Records provided START

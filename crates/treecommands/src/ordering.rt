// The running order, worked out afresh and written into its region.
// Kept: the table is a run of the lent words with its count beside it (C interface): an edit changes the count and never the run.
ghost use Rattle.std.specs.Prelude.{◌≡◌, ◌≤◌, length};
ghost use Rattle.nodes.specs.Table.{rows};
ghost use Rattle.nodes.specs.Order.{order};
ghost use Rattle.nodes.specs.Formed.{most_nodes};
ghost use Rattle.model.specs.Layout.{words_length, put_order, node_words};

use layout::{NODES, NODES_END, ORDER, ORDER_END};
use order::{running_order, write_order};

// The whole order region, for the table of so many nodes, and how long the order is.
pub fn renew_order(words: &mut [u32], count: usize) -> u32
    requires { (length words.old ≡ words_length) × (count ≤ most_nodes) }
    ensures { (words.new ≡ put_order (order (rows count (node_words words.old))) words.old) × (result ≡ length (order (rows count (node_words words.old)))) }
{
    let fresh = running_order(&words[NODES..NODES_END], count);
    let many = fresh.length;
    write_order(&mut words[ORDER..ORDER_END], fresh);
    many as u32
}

Records provided END
Records provided START

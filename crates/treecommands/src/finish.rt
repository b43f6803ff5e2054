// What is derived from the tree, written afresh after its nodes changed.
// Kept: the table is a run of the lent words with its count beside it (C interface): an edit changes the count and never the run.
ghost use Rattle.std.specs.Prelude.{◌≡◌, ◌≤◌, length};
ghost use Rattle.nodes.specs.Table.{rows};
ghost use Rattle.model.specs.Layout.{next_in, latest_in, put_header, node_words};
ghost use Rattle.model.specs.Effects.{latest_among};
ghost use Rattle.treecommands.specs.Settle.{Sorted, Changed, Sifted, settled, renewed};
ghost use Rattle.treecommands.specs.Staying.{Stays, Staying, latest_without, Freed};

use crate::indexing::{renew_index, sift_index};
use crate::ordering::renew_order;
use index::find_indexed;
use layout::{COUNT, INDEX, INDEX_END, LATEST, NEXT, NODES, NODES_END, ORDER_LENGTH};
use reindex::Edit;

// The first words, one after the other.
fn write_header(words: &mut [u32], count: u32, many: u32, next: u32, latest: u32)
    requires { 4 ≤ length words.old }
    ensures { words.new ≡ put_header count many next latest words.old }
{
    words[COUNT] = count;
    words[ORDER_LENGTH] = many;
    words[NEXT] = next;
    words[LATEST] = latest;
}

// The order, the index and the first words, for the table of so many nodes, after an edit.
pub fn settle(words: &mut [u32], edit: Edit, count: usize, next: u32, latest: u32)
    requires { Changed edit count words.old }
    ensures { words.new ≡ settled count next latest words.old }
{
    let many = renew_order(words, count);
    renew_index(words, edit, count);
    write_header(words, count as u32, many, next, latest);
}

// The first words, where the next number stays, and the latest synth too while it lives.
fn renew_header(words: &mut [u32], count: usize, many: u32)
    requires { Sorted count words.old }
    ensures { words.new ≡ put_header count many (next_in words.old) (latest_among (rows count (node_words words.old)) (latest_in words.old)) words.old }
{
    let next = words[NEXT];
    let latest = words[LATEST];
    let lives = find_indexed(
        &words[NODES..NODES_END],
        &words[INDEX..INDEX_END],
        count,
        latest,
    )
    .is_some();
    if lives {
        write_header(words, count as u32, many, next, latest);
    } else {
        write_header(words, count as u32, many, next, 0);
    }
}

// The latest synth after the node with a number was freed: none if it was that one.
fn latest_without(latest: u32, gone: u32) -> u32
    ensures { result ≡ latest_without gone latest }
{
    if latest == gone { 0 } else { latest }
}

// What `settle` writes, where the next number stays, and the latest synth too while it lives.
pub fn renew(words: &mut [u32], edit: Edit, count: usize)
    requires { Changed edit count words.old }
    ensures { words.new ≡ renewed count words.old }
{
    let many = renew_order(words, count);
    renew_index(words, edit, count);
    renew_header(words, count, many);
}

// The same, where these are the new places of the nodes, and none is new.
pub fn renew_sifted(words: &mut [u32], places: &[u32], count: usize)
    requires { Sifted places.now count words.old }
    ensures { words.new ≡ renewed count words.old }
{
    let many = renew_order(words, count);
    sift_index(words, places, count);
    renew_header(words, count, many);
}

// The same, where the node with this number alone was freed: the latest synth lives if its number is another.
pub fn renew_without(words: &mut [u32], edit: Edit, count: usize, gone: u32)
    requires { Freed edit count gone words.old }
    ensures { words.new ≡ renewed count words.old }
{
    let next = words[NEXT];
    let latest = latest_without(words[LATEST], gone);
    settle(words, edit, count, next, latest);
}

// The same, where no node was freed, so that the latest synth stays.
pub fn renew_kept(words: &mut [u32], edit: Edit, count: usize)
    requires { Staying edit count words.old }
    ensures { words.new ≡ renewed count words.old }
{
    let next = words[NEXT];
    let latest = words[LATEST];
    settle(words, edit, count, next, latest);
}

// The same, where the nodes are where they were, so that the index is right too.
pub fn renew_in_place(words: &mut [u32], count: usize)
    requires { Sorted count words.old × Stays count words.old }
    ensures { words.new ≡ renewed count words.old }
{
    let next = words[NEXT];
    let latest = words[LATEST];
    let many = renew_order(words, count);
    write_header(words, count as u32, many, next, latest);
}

Records provided END

Problem details: Go through the entries above and pull out each line with "treecommands" in it.

Answer box:
filename crates/treecommands/src/ordering.rt
filename crates/treecommands/src/finish.rt
ghost use Rattle.treecommands.specs.Settle.{Sorted, Changed, Sifted, settled, renewed};
ghost use Rattle.treecommands.specs.Staying.{Stays, Staying, latest_without, Freed};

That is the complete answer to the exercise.